Comment 3. This is from an earlier post in which I commented about the role of change in my own life:

"Ah the age-old question: "How do I go about meeting (guys/gals) without getting my head bashed in?" At 78 you might say I'm a creep because I use a cane (back problems and instability). It has taken me three years to get used to all the courtesies extended to my by people of all ages and genders - stepping aside, opening doors, stopping their cars so that I can cross, et c. I am still quite able to open a door, so if someone opens an outside door, I'll wobble ahead and open the inside one for them - with a bow as good as I can muster without falling over.

. . .

The point of all this rambling is that:
1. I empathize with your predicament,
2. Nearly everyone of all genders is on the look-out for someone, unless firmly attached.
3. The best and surest way to get to know someone else is, first, to get to know yourself - your skills, your needs, your motives, and what you may have to offer and share. I've found that one of the best and safest ways to accomplish this is to write - write to others or write to yourself, by means of a diary. Write what is in your heart, then read it to yourself and ask "Is that really me? Do I like the person who wrote this? Do I want to continue to be that person? If not, what do I need to change, and how?"

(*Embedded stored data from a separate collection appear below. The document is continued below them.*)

//! Moments of a report, in their order.
ghost use Rattle.std.specs.Prelude.{◌≡◌, ◌<◌, ◌≤◌, ◌+◌, ◌^◌, ◌++◌, IfOk, OnOk, IfSome, All, length, take, drop};
ghost use Rattle.std.specs.Option.{option_to_list};
ghost use Rattle.run_clauses.specs.meaning.Moments.{moment_of_note as note_def, moments_of_notes as notes_def, moment_of_item as item_def, before_event, from_event, in_order as in_order_def, moments as moments_def};
ghost use Rattle.report_moments.specs.Views.{moment_as, moments_as};
ghost use Rattle.report_moments.specs.Places.{IsPlaced};

use outage_schedule::{AskResult, Note, OutsideNote, Report, Served};
use std::alloc::Global;
use svc_values::{Ltxid, NoMemory};

/// What happened: an item was served, calls ran outside, or an outcome was asked for.
#[derive(Clone, Copy)]
pub enum What<'a> {
    Served(&'a Served),
    Outside(&'a OutsideNote),
    Asked { ltxid: Ltxid, told: AskResult },
}

/// A place of a report: the number of a note or of a served item, from 0.
#[derive(Clone, Copy)]
pub enum At {
    Note(usize),
    Served(usize),
}

/// What happened, the number of the event, and its place in the report.
#[derive(Clone, Copy)]
pub struct Moment<'a> {
    pub event: u64,
    pub at: At,
    pub what: What<'a>,
}

/// What the note of an event tells, where it is that of an `outside` or of an `ask`.
fn moment_of_note(at: usize, note: &Note) -> Option<Moment<'_>>
    requires { at < 2 ^ 63 }
    ensures told { moments_as (option_to_list result) ≡ note_def (at + 1) note.now }
    ensures event { IfSome result (λ moment. moment.event ≡ at + 1) }
    ensures place { IfSome result (λ moment. moment.at ≡ At.Note at) }
{
    let event = at as u64 + 1;
    match note {
        Note::Outside { ran: Some(ran) } => Some(Moment {
            event,
            at: At::Note(at),
            what: What::Outside(ran),
        }),
        Note::Ask {
            ltxid,
            told: Some(told),
        } => Some(Moment {
            event,
            at: At::Note(at),
            what: What::Asked {
                ltxid: *ltxid,
                told: *told,
            },
        }),
        _ => None,
    }
}

/// Puts the moment last, if there is one.
fn push_some<'a>(all: &mut Vec<Moment<'a>>, moment: Option<Moment<'a>>) -> Result<(), NoMemory>
    ensures { OnOk result (all.new.items ≡ all.old.items ++ option_to_list moment.entry) }
{
    if let Some(moment) = moment {
        all.push(moment)?;
    }
    Ok(())
}

/// What the notes tell, in their order.
fn moments_of_notes(alloc: Global, report: &Report) -> Result<Vec<Moment<'_>>, NoMemory>
    ensures told { IfOk result (λ all. moments_as all.items ≡ notes_def 1 report.now.notes) }
    ensures placed { IfOk result (λ all. All (IsPlaced report.now) all.items) }
{
    let notes = report.notes.as_slice();
    let mut all = Vec::new(alloc);
    for (at, note) in notes.iter().enumerate() {
        push_some(&mut all, moment_of_note(at, note))?;
    }
    Ok(all)
}

fn moment_of_item(at: usize, one: &Served) -> Moment<'_>
    ensures told { moment_as result ≡ item_def one.now }
    ensures place { result.at ≡ At.Served at }
{
    Moment {
        event: one.event,
        at: At::Served(at),
        what: What::Served(one),
    }
}

/// How many of these come before an event. Linear in their number.
fn count_before(notes: &[Moment<'_>], event: u64) -> usize
    ensures within { result ≤ length notes.now }
    ensures before { moments_as (take result notes.now)
        ≡ before_event event (moments_as notes.now) }
    ensures left { moments_as (drop result notes.now) ≡ from_event event (moments_as notes.now) }
{
    for (at, moment) in notes.iter().enumerate() {
        if moment.event >= event {
            return at;
        }
    }
    notes.len()
}

/// Those from a place on.
fn behind<'a, 'b>(notes: &'b [Moment<'a>], from: usize) -> &'b [Moment<'a>]
    requires { from ≤ length notes.now }
    ensures { result.now ≡ drop from notes.now }
{
    &notes[from..]
}

/// Puts those before an event last, and tells how many they are.
fn push_before<'a>(
    all: &mut Vec<Moment<'a>>,
    notes: &[Moment<'a>],
    event: u64,
) -> Result<usize, NoMemory>
    ensures within { IfOk result (λ count. count ≤ length notes.now) }
    ensures pushed { IfOk result (λ count.
        all.new.items ≡ all.old.items ++ take count notes.now) }
    ensures before { IfOk result (λ count.
        moments_as (take count notes.now) ≡ before_event event (moments_as notes.now)) }
    ensures left { IfOk result (λ count.
        moments_as (drop count notes.now) ≡ from_event event (moments_as notes.now)) }
{
    let count = count_before(notes, event);
    all.extend_from_slice(&notes[..count])?;
    Ok(count)
}

/// The items in their order, each after the notes of earlier events.
fn in_order<'a>(
    alloc: Global,
    report: &'a Report,
    notes: &[Moment<'a>],
) -> Result<Vec<Moment<'a>>, NoMemory>
    ensures told { IfOk result (λ all.
        moments_as all.items ≡ in_order_def report.now.served (moments_as notes.now)) }
    ensures placed { All (IsPlaced report.now) notes.now
        → IfOk result (λ all. All (IsPlaced report.now) all.items) }
{
    let items = report.served.as_slice();
    let mut all = Vec::new(alloc);
    let mut next = 0;
    for (at, one) in items.iter().enumerate() {
        let count = push_before(&mut all, behind(notes, next), one.event)?;
        all.push(moment_of_item(at, one))?;
        next += count;
    }
    all.extend_from_slice(behind(notes, next))?;
    Ok(all)
}

/// What happened at all events of a report, in their order, each with its place. Linear.
pub fn moments_of(alloc: Global, report: &Report) -> Result<Vec<Moment<'_>>, NoMemory>
    ensures told { IfOk result (λ all. moments_as all.items ≡ moments_def report.now) }
    ensures placed { IfOk result (λ all. All (IsPlaced report.now) all.items) }
{
    let notes = moments_of_notes(alloc, report)?;
    in_order(alloc, report, notes.as_slice())
}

I found myself doing a lot of this in my early 50s, during a period of great change and stress. That was 25 years ago. Mrs Ho Ho and I just celebrated our Silver Anniversary.

You do the math.


----------



## Xyantha Reborn (Apr 22, 2016)

I don't know if this is the same you guy you posted about before, but I have two streams of thought.

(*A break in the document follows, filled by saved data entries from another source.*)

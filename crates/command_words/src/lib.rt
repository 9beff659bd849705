//! The words of the program's command line: which they are, and which command.
#![tactic(auto)]

mod arguments;
mod command;
mod numbers;
mod words;

pub use arguments::behind_name;
pub use command::Command;
pub use words::command_of;
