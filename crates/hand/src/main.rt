// A board stepped at a terminal: each line of the input is answered at once, until the input ends or says quit.
#![tactic(auto)]

use desk::Follows;
use lines::Lines;
use program::{Errors, Source, Told};
use session::Talk;
use std::io::{Error, IsTerminal, Read};
use undo::Kept;

// Why a session ends before its input: a write failed, which is told already, or a read did.
#[derive(Drop)]
enum Broken {
    Write,
    Read(Error),
}

impl From<Told> for Broken {
    fn from(_told: Told) -> Broken {
        Broken::Write
    }
}

impl From<Error> for Broken {
    fn from(why: Error) -> Broken {
        Broken::Read(why)
    }
}

// The next line. At a terminal it is asked for.
fn asked<I: Read>(
    talk: &Talk<impl Print + Errors>,
    lines: &mut Lines<I>,
    room: &mut [u8; 1000],
) -> Result<Option<usize>, Broken> {
    talk.ask_for_line()?;
    let line = lines.next_line(room);
    if !matches!(line, Ok(Some(_))) {
        let _ = talk.end_line();
    }
    Ok(line?)
}

// Each line is read, answered and done, and its desk put in its place, until the input ends or says quit. A proved loop has to end, so its
// turns are counted, up to a number that no input reaches. No heap: the 65 desks are an array, and a deque would keep them on one.
fn each_line<I: Read + Drop>(mut talk: Talk<impl Print + Errors>, from: I) -> Result<(), Broken> {
    let mut lines = Lines::of(from);
    let mut room = [0u8; 1000];
    let mut past = [desk::closed(); 65];
    let mut kept = Kept {
        top: 0,
        count: 0,
        dropped: false,
    };
    for _ in 0..u64::MAX {
        let Some(count) = asked(&talk, &mut lines, &mut room)? else {
            break;
        };
        let desk = past[undo::place(kept)];
        let acted = session::answered(desk, &room, count);
        kept = undo::one_more(kept, acted.follows == Follows::Change);
        past[undo::place(kept)] = acted.desk;
        talk.answer(&room, count, &desk, &acted, kept)?;
        if acted.follows == Follows::End {
            break;
        }
        kept = undo::one_less(kept, acted.follows == Follows::Undo);
    }
    Ok(())
}

// What --help prints.
const HELP: &str = "hand steps a board by commands, one to a line, and says what each node can
know and what only the whole board shows.

  ./hand            at a terminal: each line is answered as it is typed
  ./hand FILE       the commands in the file, printed with their answers
  ./hand < FILE     the same from standard input, as ./hand - does
  ./hand --help     prints this, as ./hand -h does

The command help lists the commands. open 3 3 2 opens a board of three nodes,
three processes and two objects. exercises/lesson.md is a lesson to type.
The exit status of ./hand is 0, or 1 where something could not be read or
written.
";

fn main(rt: HostRuntime) {
    let mut name = io::buffer();
    let Some(Source { from, named }) = program::start(&rt, HELP.as_bytes(), &mut name) else {
        return;
    };
    let talk = Talk::new(&rt, from.is_terminal());
    if talk.greet().is_err() {
        return;
    }
    if let Err(Broken::Read(why)) = each_line(talk, from) {
        program::read_failed(&rt, named, why);
    }
}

Just because you love a person does not mean that you think they are perfect. Living together almost always requires adaption in some form or another, and you end up changing behaviour to accommodate. It is true that as you mature (not age per say), you do end up reinventing yourself. It would be odd as an adult to be the same person you were at 6, 12, 18, or even 24. Emotional reinvention is normal. Even physical reinvention is also normal; most 60-80 year olds cannot be as physically as they were at 40, let alone 20. My husband and I have a ten year age gap, and he admits he can't physically get drunk without being sick and hungover; that didn't happen at 30. He can't gorge or eat spicy food without his stomach making him pay for it later. The fact is that most people's bodies do change with age. 

In terms of changing your eating habits...I love my BHM husband; but even I sometimes I have had to pull him back to eat a bit healthier. Over the years, I have encouraged him to indulge in healthier food. Part of being in a long term relationship is staying healthy for each other. Rather than a control statement, it sounds like to me that the comment hit close to home because you are sensitive about your weight and eating habits. And that coupled with OTHER factors, it has triggered a warning bell in you.

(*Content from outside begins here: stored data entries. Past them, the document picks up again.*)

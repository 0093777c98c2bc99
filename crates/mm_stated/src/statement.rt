//! Labelled statements.

use mm_tables::Pair;
use mm_tokens::Span;

/// The kinds of labelled statements: `$f`, `$e`, `$a` and `$p` (Metamath book, section 4.1.3).
#[derive(Clone, Copy, Debug, PartialEq, Eq)]
pub enum Kind {
    Float,
    Essential,
    Axiom,
    Theorem,
}

/// A labelled statement: its symbols, its mandatory hypotheses and pairs, where its proof stands, and its description.
#[derive(Drop)]
pub struct Statement {
    pub kind: Kind,
    pub symbols: Vec<u32>,
    pub mandatory: Vec<u32>,
    pub pairs: Vec<Pair>,
    pub from: u64,
    pub to: u64,
    pub described: Option<Span>,
}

In terms of 'not allowing' you to have a normal social life (of which social media is considered a portion thereof) - that is unhealthy, and says more about his not trusting you than anything else. If he trusted you, he may be uncomfortable but would not prevent you from doing it, and may ask for concessions to help him build trust. 

The fact that he keeps you segregated socially as well as financially, to me, speaks volumes. And I hear you talk about how well he treats you financially and how much he claims to love you...but not how much you know he loves you. 

So, if I take your comments at face value; he is controlling, not allowing you a healthy social life. Although he physically provides for you, there seems to be an emotional gap. And because he has complete and utter control over your life, you feel him encroaching on an area you hold sacred, ie food. And because he is your sole source of security, financially and emotionally, you feel you will not be allowed to retain your own sense of identity. If you got too big or your health too poor, would he kick you out? Those questions can also subtly influence how we feel.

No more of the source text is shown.